Excerpted data

|---|

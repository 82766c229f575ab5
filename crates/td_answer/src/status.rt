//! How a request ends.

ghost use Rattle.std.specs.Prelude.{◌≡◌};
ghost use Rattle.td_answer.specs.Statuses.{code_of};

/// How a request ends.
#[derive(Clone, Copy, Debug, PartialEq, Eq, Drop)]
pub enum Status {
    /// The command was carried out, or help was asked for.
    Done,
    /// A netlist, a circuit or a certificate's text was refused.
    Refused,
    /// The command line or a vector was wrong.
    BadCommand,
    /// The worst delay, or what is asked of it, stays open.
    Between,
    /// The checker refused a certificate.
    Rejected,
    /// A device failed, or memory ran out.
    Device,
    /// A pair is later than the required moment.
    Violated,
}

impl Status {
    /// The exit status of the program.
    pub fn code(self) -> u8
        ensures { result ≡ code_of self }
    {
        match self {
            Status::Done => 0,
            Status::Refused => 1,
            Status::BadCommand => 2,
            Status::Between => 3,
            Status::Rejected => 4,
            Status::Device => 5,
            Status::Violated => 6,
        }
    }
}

|---|

Your task
Search the lines above for the string "ends", then show every one that has it.

Response box
//! How a request ends.
/// How a request ends.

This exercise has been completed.